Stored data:
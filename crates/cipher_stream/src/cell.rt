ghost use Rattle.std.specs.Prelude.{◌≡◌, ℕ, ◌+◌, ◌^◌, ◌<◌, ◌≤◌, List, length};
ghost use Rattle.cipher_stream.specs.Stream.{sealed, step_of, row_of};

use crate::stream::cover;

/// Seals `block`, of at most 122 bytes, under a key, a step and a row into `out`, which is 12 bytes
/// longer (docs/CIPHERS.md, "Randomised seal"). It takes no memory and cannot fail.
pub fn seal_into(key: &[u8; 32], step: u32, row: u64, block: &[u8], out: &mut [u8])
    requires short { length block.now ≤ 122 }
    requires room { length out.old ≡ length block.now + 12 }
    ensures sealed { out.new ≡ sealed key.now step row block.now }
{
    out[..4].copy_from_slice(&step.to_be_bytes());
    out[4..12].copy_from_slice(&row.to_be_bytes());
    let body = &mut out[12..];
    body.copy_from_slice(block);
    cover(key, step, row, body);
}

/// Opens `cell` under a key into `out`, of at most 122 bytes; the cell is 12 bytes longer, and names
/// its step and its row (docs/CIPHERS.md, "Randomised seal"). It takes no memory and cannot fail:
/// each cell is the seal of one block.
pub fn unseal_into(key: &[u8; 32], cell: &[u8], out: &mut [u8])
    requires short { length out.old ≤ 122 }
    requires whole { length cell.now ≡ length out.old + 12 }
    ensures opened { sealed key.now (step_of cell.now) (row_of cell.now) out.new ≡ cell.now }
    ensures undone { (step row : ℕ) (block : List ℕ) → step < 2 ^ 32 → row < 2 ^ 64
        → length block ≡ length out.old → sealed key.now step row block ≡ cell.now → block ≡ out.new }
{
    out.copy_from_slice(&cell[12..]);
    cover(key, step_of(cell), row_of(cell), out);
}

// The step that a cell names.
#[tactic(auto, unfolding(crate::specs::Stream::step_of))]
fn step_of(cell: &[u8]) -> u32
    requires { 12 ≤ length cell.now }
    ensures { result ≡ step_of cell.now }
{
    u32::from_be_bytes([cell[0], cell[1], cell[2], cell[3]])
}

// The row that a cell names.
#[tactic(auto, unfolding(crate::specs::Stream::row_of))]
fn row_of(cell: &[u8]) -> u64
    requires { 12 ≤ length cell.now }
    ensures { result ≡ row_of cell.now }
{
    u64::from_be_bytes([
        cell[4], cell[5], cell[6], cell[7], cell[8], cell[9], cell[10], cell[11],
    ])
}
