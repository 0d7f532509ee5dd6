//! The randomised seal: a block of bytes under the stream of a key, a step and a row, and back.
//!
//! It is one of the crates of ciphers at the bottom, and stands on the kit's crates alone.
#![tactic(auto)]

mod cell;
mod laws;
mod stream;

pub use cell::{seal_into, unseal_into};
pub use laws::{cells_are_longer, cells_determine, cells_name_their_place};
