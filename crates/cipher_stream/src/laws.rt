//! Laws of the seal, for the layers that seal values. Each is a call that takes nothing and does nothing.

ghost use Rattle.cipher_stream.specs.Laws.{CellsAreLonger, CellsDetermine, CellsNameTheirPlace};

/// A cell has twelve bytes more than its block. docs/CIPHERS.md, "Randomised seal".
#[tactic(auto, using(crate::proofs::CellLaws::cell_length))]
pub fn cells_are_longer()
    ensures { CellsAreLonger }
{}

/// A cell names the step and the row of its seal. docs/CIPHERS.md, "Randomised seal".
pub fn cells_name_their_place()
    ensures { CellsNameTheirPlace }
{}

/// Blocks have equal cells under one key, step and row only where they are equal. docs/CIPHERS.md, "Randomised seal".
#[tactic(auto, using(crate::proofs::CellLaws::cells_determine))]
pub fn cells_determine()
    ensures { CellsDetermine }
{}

• [Required work] Say how many lines of the entries above include the string "CellsNameTheirPlace", giving the number and nothing else.

• [Task output] 2